• WORK TASK
The line with "filename crates/form/src/forms.rt", the line with "filename crates/cache_model/src/lib.rt", and all lines between them in the material below: return these exactly, and no others.

• SUPPLIED ENTRIES
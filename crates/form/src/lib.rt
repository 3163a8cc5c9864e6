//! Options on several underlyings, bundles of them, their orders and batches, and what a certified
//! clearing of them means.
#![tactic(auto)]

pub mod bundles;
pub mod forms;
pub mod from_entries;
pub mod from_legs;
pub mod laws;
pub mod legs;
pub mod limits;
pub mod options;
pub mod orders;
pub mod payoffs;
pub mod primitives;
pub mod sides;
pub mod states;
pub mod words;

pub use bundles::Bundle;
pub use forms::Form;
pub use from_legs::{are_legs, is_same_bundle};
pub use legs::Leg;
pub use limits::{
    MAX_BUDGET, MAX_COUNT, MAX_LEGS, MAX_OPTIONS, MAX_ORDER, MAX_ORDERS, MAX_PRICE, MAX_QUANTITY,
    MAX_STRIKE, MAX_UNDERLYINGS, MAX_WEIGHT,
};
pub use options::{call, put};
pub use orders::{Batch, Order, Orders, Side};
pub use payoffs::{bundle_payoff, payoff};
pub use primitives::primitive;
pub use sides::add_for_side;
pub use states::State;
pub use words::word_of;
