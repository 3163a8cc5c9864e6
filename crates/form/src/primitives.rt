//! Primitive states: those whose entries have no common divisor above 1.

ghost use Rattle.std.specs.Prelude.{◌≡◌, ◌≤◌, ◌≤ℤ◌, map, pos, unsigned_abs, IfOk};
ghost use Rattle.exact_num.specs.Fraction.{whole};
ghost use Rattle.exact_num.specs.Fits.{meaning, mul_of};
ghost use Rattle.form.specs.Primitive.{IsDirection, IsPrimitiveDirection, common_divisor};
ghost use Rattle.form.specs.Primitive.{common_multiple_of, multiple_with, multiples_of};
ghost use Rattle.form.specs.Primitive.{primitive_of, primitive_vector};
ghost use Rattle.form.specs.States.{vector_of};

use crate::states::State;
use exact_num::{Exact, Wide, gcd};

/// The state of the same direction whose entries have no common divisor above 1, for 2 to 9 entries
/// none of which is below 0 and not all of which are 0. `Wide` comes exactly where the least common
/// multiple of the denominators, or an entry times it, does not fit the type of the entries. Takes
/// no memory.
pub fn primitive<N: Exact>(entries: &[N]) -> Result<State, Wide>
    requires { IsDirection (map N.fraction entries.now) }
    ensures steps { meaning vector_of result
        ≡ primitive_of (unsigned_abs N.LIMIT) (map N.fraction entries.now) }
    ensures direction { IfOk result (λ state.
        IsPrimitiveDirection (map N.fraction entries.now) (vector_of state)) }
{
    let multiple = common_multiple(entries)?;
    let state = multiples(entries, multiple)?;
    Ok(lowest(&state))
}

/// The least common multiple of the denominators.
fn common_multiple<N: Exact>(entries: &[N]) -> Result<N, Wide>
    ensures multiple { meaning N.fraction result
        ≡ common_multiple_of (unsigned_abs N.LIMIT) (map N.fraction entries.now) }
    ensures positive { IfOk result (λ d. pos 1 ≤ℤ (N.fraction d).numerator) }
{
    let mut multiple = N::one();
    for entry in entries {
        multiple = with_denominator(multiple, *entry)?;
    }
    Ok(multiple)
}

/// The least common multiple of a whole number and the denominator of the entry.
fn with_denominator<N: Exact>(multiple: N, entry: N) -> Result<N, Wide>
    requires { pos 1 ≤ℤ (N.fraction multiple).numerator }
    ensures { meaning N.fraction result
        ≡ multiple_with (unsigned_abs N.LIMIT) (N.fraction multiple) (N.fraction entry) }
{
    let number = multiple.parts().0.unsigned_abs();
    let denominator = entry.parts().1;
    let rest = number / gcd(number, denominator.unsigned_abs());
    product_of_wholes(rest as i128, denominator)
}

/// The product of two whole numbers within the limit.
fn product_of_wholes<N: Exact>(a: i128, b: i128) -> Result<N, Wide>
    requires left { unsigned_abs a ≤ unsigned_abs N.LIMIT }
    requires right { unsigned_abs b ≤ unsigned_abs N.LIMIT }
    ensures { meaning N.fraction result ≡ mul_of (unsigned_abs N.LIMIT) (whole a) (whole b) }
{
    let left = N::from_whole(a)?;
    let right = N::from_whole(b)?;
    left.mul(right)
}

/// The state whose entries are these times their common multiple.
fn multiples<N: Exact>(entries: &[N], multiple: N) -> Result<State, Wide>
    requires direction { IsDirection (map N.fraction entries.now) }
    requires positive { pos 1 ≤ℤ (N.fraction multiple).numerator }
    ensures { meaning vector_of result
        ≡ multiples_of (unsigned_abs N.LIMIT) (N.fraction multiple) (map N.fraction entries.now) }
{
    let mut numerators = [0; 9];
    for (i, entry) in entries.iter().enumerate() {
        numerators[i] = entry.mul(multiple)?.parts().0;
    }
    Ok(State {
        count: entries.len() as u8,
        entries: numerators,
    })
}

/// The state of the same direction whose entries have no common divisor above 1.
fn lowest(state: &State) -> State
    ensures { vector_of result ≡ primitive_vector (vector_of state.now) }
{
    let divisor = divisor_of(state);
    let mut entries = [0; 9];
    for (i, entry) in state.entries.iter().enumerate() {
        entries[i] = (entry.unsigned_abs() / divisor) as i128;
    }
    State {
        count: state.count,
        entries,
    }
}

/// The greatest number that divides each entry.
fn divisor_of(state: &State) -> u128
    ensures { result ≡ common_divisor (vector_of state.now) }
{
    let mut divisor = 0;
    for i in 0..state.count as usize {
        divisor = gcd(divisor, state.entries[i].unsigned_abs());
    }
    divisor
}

---

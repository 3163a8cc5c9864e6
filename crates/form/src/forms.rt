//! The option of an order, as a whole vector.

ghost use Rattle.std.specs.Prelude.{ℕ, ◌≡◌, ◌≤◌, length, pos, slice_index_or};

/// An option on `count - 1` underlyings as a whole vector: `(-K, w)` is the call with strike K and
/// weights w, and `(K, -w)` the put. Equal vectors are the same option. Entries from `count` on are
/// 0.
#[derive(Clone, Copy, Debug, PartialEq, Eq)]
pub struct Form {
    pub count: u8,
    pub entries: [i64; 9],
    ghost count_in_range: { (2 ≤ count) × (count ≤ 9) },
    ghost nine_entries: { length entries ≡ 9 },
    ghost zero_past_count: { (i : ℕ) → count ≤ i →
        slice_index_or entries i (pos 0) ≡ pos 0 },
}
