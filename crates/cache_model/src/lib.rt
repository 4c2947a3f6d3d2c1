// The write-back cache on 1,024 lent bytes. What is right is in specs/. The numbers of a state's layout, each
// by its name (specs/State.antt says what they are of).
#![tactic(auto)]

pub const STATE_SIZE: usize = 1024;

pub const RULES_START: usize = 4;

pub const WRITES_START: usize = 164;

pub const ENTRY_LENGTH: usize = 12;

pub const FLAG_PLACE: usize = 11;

---

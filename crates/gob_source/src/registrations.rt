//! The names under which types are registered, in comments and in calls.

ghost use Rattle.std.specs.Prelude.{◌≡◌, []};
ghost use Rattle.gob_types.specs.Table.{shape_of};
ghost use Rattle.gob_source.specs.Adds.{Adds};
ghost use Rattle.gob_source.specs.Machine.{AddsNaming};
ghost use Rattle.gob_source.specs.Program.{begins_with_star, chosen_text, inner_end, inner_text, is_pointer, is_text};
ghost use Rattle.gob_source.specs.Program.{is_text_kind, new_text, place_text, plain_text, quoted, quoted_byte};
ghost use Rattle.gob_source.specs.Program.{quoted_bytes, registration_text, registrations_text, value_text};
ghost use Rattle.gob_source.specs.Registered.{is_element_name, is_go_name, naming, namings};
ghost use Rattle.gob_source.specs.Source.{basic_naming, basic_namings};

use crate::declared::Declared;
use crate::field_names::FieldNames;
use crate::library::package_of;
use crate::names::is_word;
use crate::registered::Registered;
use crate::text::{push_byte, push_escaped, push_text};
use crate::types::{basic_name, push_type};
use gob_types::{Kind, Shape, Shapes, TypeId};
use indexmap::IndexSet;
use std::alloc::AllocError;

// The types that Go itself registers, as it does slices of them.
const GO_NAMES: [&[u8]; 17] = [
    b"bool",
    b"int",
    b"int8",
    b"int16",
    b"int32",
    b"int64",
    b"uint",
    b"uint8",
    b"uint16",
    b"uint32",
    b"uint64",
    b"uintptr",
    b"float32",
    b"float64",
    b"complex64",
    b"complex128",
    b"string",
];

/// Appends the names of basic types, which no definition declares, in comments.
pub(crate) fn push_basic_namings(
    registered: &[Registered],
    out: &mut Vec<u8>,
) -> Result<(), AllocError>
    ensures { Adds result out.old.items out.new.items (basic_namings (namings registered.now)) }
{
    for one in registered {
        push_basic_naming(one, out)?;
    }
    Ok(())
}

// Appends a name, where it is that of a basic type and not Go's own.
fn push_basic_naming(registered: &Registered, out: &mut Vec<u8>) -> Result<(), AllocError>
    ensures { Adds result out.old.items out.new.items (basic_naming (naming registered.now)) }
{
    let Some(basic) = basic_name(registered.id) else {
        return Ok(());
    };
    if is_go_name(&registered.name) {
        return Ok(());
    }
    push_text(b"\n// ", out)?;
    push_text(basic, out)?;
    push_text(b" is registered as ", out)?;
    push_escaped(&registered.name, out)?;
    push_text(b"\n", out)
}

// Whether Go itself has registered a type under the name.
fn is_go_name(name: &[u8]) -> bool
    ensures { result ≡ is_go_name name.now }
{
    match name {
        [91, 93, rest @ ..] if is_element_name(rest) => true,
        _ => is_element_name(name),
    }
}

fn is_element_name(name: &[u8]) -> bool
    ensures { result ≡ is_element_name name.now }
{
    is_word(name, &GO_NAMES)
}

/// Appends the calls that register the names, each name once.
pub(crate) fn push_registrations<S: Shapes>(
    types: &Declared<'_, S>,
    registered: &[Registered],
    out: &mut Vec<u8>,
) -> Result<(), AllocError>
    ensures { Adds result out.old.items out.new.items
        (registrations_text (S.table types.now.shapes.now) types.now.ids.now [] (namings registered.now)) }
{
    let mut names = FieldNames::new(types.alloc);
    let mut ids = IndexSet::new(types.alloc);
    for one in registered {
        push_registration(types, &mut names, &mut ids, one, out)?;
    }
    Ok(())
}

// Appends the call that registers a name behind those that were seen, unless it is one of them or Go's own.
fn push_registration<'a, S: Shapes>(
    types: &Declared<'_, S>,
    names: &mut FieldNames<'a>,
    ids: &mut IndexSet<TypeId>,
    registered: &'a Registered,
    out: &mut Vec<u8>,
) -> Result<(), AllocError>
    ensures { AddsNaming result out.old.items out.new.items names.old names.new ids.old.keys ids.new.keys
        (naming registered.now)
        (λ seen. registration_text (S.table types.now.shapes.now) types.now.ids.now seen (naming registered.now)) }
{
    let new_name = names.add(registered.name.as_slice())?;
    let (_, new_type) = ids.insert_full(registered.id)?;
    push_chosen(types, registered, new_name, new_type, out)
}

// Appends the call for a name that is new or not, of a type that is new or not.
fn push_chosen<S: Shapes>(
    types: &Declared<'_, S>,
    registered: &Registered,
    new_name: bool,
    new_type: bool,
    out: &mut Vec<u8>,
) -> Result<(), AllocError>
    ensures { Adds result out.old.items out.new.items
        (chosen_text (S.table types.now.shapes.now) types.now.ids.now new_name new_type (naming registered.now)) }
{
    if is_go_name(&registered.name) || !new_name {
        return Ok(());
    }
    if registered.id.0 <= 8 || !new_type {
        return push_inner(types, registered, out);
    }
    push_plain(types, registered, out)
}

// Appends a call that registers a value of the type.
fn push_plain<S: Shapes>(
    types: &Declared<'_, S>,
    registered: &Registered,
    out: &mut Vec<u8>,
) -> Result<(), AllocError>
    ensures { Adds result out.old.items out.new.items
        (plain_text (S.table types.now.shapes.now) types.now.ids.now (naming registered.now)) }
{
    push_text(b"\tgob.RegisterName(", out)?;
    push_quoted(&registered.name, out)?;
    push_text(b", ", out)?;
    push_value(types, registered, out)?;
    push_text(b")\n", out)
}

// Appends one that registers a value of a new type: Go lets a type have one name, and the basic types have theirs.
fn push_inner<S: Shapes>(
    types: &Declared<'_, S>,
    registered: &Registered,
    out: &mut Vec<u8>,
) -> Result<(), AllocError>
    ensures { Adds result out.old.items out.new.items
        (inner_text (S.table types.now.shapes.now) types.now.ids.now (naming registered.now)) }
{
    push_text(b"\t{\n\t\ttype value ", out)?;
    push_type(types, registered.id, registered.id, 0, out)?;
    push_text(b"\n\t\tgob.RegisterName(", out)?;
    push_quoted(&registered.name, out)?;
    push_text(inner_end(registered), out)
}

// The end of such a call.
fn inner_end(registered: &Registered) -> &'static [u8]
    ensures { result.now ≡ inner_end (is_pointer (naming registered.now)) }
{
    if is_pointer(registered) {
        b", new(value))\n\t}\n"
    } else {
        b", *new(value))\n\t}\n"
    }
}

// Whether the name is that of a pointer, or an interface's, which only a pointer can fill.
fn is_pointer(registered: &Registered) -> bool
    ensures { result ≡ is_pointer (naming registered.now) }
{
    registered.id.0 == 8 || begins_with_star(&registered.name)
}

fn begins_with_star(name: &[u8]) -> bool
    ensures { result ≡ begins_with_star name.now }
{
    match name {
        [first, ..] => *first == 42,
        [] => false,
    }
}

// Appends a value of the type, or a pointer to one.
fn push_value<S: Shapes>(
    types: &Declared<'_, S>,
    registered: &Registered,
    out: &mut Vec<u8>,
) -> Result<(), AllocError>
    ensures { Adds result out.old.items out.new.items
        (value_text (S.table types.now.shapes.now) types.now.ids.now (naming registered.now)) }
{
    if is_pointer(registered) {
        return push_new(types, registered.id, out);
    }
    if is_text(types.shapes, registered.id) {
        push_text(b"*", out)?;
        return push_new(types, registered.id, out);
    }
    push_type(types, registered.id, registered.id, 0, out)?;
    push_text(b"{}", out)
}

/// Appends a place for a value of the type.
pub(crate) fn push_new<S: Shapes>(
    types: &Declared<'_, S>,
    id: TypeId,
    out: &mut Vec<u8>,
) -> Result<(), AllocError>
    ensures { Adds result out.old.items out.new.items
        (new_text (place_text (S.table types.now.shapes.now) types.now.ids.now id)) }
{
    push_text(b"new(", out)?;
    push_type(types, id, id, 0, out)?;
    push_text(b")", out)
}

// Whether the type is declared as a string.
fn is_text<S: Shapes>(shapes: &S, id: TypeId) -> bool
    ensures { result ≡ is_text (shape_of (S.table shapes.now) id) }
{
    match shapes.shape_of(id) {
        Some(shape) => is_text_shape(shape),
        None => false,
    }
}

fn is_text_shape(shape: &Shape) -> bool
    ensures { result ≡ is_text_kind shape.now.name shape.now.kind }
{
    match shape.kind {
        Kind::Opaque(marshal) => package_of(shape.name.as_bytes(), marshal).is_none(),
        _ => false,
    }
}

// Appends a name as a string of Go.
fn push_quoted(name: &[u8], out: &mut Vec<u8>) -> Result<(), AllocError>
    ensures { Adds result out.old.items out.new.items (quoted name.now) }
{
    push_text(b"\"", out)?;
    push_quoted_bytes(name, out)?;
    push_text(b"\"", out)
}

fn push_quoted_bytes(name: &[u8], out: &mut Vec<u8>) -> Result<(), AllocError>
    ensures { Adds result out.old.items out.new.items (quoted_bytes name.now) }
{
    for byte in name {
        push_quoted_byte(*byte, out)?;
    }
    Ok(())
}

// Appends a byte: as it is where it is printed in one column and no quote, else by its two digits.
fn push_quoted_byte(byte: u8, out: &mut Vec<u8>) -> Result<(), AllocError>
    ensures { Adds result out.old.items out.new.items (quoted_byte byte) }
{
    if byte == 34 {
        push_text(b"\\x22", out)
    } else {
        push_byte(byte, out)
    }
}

• REPLY
filename crates/form/src/forms.rt
//! The option of an order, as a whole vector.

ghost use Rattle.std.specs.Prelude.{ℕ, ◌≡◌, ◌≤◌, length, pos, slice_index_or};

/// An option on `count - 1` underlyings as a whole vector: `(-K, w)` is the call with strike K and
/// weights w, and `(K, -w)` the put. Equal vectors are the same option. Entries from `count` on are
/// 0.
#[derive(Clone, Copy, Debug, PartialEq, Eq)]
pub struct Form {
    pub count: u8,
    pub entries: [i64; 9],
    ghost count_in_range: { (2 ≤ count) × (count ≤ 9) },
    ghost nine_entries: { length entries ≡ 9 },
    ghost zero_past_count: { (i : ℕ) → count ≤ i →
        slice_index_or entries i (pos 0) ≡ pos 0 },
}
filename crates/cache_model/src/lib.rt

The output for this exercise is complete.